My First Five Years of Life
I was born at midday on Sunday the 28 September 1941. We were living in a thirteen-roomed house, on a farm called Godhall in Brenzett, at the time. This is a small village situated on the Romney Marsh, and this particular house has an underground passage to nearby Snargate Church. There is another place with a similar underground passage to a nearby church, the Woolpack Inn just off the A259 as you approach the road which takes you over the border to Sussex. This underground passage leads to nearby Fairfield Church. These passages were used for smuggling in the old days but have since been boarded up. Tobacco was stored at Snargate Church according to the Romney Marsh history books. I remember going back there with some sisters and brothers when the place was derelict, and we saw this passageway all boarded up.
Having already mentioned my father was a shepherd, my birthplace Godhall and being born on a Sunday, would you not agree it was a good entry into the world for a Christian? When I was still a baby, and remembering these were the war years, I contracted bronchial pneumonia and was very ill. All I would eat was calves’ foot jelly, and I would have died but for a lady neighbour, who lived a short distance away. She sent letters all over the world to get this calves’ foot jelly, and kept me alive. This neighbour’s name was Mrs Buzzy, and she kept bees! How quaint is that? While on the subject of bees, I will always remember the time when my youngest sister and I visited another neighbour, Mrs Parsons, about half a mile or so away. She was very distressed because she was inundated with wasps. ‘I don’t understand it,’ she said to us, ‘I am killing them by squeezing their tail ends, but they are still managing to sting me!’ We enlightened her gently by telling her that it was the tail end that they sting with.

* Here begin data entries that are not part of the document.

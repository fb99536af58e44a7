//! Which readings are kept, and how each is marked.

use crate::by_hand::*;
use crate::calls::*;
use bank::Bank;
use board::board::Board;
use front_ends::charge::Charge;
use front_ends::time::Time;
use reader_tests::pair::Pair;
use std::process::Abort;

/// Tag 5 has this threshold, and every other is killed.
fn sets_threshold<B: Bank>(rt: &impl Abort, bank: &mut B, threshold: u16) {
    kills_all(rt, bank);
    writes(rt, bank, THRESHOLDS + 10, threshold);
}

/// Of a gate with this reading in every slot, the reading of tag 5 is kept, as this datum.
fn keeps<B: Bank>(rt: &impl Abort, bank: &mut B, reading: u16, count: u16, marks: u32) {
    writes(rt, bank, COUNTER_RESET, 0);
    gates(rt, bank, 0, &[reading; 32], Ok(Some(1)));
    draws(
        rt,
        bank,
        &[header(31, 0, 1), datum(31, 5, count) | marks, end(31, 0)],
    );
}

/// Of such a gate nothing is kept: it stores nothing, and is counted.
fn drops<B: Bank>(rt: &impl Abort, bank: &mut B, reading: u16) {
    writes(rt, bank, COUNTER_RESET, 0);
    gates(rt, bank, 0, &[reading; 32], Ok(None));
    waits(rt, bank, 0);
    counts(rt, bank, 1);
}

/// The floor of the threshold, and the highest count under it.
fn has_floor<B: Bank>(rt: &impl Abort, bank: &mut B, threshold: u16, under: u16, floor: u16) {
    sets_threshold(rt, bank, threshold);
    for reading in [0, under] {
        drops(rt, bank, reading);
    }
    for reading in [floor, 4095] {
        keeps(rt, bank, reading, reading, 0);
    }
    writes(rt, bank, MODE, LOW_THRESHOLD);
    for reading in [0, under] {
        keeps(rt, bank, reading, reading, UNDER);
    }
    for reading in [floor, 4095] {
        keeps(rt, bank, reading, reading, 0);
    }
    writes(rt, bank, MODE_CLEAR, LOW_THRESHOLD);
}

#[test]
fn floors_of_a_time_board(rt: HostRuntime) {
    let mut board = Board::new(Time);
    has_floor(&rt, &mut board, 1, 15, 16);
    has_floor(&rt, &mut board, 7, 111, 112);
    has_floor(&rt, &mut board, 255, 4079, 4080);
    writes(&rt, &mut board, MODE_CLEAR, 0x0080);
    has_floor(&rt, &mut board, 7, 111, 112);
}

#[test]
fn floors_of_a_charge_board(rt: HostRuntime) {
    let mut board = Board::new(Charge);
    has_floor(&rt, &mut board, 1, 15, 16);
    has_floor(&rt, &mut board, 7, 111, 112);
    has_floor(&rt, &mut board, 255, 4079, 4080);
    writes(&rt, &mut board, MODE, STEP);
    has_floor(&rt, &mut board, 1, 1, 2);
    has_floor(&rt, &mut board, 7, 13, 14);
    has_floor(&rt, &mut board, 255, 509, 510);
    writes(&rt, &mut board, MODE_CLEAR, STEP);
    has_floor(&rt, &mut board, 7, 111, 112);
}

/// No count is under a threshold of 0.
#[test]
fn threshold_0(rt: HostRuntime) {
    let mut board = Board::new(Time);
    sets_threshold(&rt, &mut board, 0);
    keeps(&rt, &mut board, 0, 0, 0);
    keeps(&rt, &mut board, 1, 1, 0);
    writes(&rt, &mut board, MODE, LOW_THRESHOLD);
    keeps(&rt, &mut board, 0, 0, 0);
}

/// Nothing is kept of a slot that is killed, whatever its level and the mode.
#[test]
fn killed_slots(rt: HostRuntime) {
    let mut board = Board::new(Time);
    for threshold in [256, 256 + 7, 511] {
        sets_threshold(&rt, &mut board, threshold);
        writes(&rt, &mut board, MODE_CLEAR, OVER_RANGE | LOW_THRESHOLD);
        for reading in [0, 111, 4095, 0x1FFF] {
            drops(&rt, &mut board, reading);
        }
        writes(&rt, &mut board, MODE, OVER_RANGE | LOW_THRESHOLD);
        for reading in [0, 111, 4095, 0x1FFF] {
            drops(&rt, &mut board, reading);
        }
    }
    sets_threshold(&rt, &mut board, 255);
    keeps(&rt, &mut board, 0, 0, UNDER);
}

/// Bit 12 tells of an overflow, and a count of 4095 without it is a figure.
#[test]
fn overflows(rt: HostRuntime) {
    let mut board = Board::new(Time);
    sets_threshold(&rt, &mut board, 0);
    keeps(&rt, &mut board, 0x0FFF, 4095, 0);
    for reading in [0x1000, 0x1001, 0x1FFF] {
        drops(&rt, &mut board, reading);
    }
    writes(&rt, &mut board, MODE, OVER_RANGE);
    keeps(&rt, &mut board, 0x0FFF, 4095, 0);
    keeps(&rt, &mut board, 0x1000, 0, OVER);
    keeps(&rt, &mut board, 0x1064, 100, OVER);
    keeps(&rt, &mut board, 0x1FFF, 4095, OVER);
}

/// A reading that overflowed with a count under threshold needs both bits.
#[test]
fn overflows_under_threshold(rt: HostRuntime) {
    let mut board = Board::new(Time);
    sets_threshold(&rt, &mut board, 7);
    drops(&rt, &mut board, 0x106F);
    drops(&rt, &mut board, 0x1070);
    writes(&rt, &mut board, MODE, OVER_RANGE);
    drops(&rt, &mut board, 0x106F);
    keeps(&rt, &mut board, 0x1070, 112, OVER);
    writes(&rt, &mut board, MODE, LOW_THRESHOLD);
    keeps(&rt, &mut board, 0x106F, 111, OVER | UNDER);
    keeps(&rt, &mut board, 0x1070, 112, OVER);
    writes(&rt, &mut board, MODE_CLEAR, OVER_RANGE);
    drops(&rt, &mut board, 0x106F);
    drops(&rt, &mut board, 0x1070);
    keeps(&rt, &mut board, 0x006F, 111, UNDER);
}

/// With EMPTY an event of two words is stored where nothing is kept, and nothing else is changed by it.
#[test]
fn nothing_kept(rt: HostRuntime) {
    let mut board = Board::new(Pair);
    gates(&rt, &mut board, 0, &[0x1001, 0x1FFF], Ok(None));
    draws_nothing(&rt, &mut board);
    counts(&rt, &board, 1);
    writes(&rt, &mut board, MODE, EMPTY);
    gates(&rt, &mut board, 0, &[0x1001, 0x1FFF], Ok(Some(0)));
    gates(&rt, &mut board, 0, &[0x1001, 4], Ok(Some(1)));
    gates(&rt, &mut board, 0, &[3, 4], Ok(Some(2)));
    writes(&rt, &mut board, MODE_CLEAR, EMPTY);
    gates(&rt, &mut board, 0, &[0x1001, 0x1FFF], Ok(None));
    waits(&rt, &board, 3);
    counts(&rt, &board, 5);
    draws(&rt, &mut board, &[0xFA00_0000, 0xFC00_0001]);
    draws(
        &rt,
        &mut board,
        &[header(31, 0, 1), datum(31, 9, 4), end(31, 2)],
    );
    draws_pair(&rt, &mut board, [3, 4], 3);
    draws_nothing(&rt, &mut board);
}

/// EMPTY stores no gate that is refused.
#[test]
fn nothing_kept_of_refused_gates(rt: HostRuntime) {
    let mut board = Board::new(Pair);
    writes(&rt, &mut board, MODE, EMPTY);
    gates(&rt, &mut board, 1, &[0x1000; 2], Err(21));
    gates(&rt, &mut board, 2, &[0x1000; 2], Err(25));
    gates(&rt, &mut board, 0, &[0x2000; 2], Err(3));
    draws_nothing(&rt, &mut board);
}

When I was eighteen months old, the family moved to Blackhouse Farm, down Featherbed Lane, in Brookland. My earliest memories are being pushed out in a pushchair, and one day, when I was being held in my mother’s arms, as she stood by the back door seeing my siblings off to school, I said, ‘When can I go to school?’ and she said, ‘You will be going soon enough.’ I think I was about four at the time. Sure enough, the year passed soon enough, and it was time for me to start on my path of education.
I just feel I ought to mention here that not long after we moved to Blackhouse Farm, my elder half-sister, Kathleen, ran away from home. She deceived the authorities about her age saying that she had passed her eighteenth birthday, got away with it, and joined the Land Army. Because of this, we lost contact with her for a number of years as she later met with a Scotsman, Jimmy Craig, married him, and moved right away. They had three daughters, Katriona, Fiona, and Isla. I believe he worked for the coal board. She had her husband believe that she was an orphan, and when she did make contact with us, my brother Ronald visited her on a barge on the Thames where she was living at the time. When her husband came in from work, she introduced Ronald as an old school friend.
My Primary School Years
The primary school was in the village, one-and-three-quarter miles down the lane, and travel was by taxi which was, I believe, paid for by the education authorities, although I seem to remember my mother mentioning that she paid a farthing a week towards it. Just before my fifth birthday, I started at this school which comprised of two classrooms, one for the infants, with a Miss Probert in charge, and the other for the juniors, with a Miss Reynolds in charge. She sometimes brought her young son Peter to the school, and I think she may have been a single parent. This second room had a large black bogey stove to heat it up and old-fashioned desks, you know the ones with the lifting tops and inkwells set in. Strange things one remembers from early school days, like the time one child poked a bead up another child’s nose causing great consternation; the occasion when ice covered the river bordering our playing field, and one girl, Gillian Bowditch, was blindfolded and then dared to walk down the middle where a hole had been previously made. Fortunately, she missed it! There was the day my mother had asked me to go over to the post office, in my lunch break, to buy a postage stamp. During the afternoon, I remembered it was still in my pocket, so I opened up my desk to put the stamp inside for safe keeping. Unfortunately, I was not quick enough and was seen by the teacher, Miss Reynolds, who gave me the cane! I didn’t have any orange peel to rub on my hands beforehand as I understand this stops it hurting so much! The discipline in this school was as such: when we were infants, if we were naughty, we had a ruler across our hands, but when we were juniors, we had the cane. Teachers were very strict in those days.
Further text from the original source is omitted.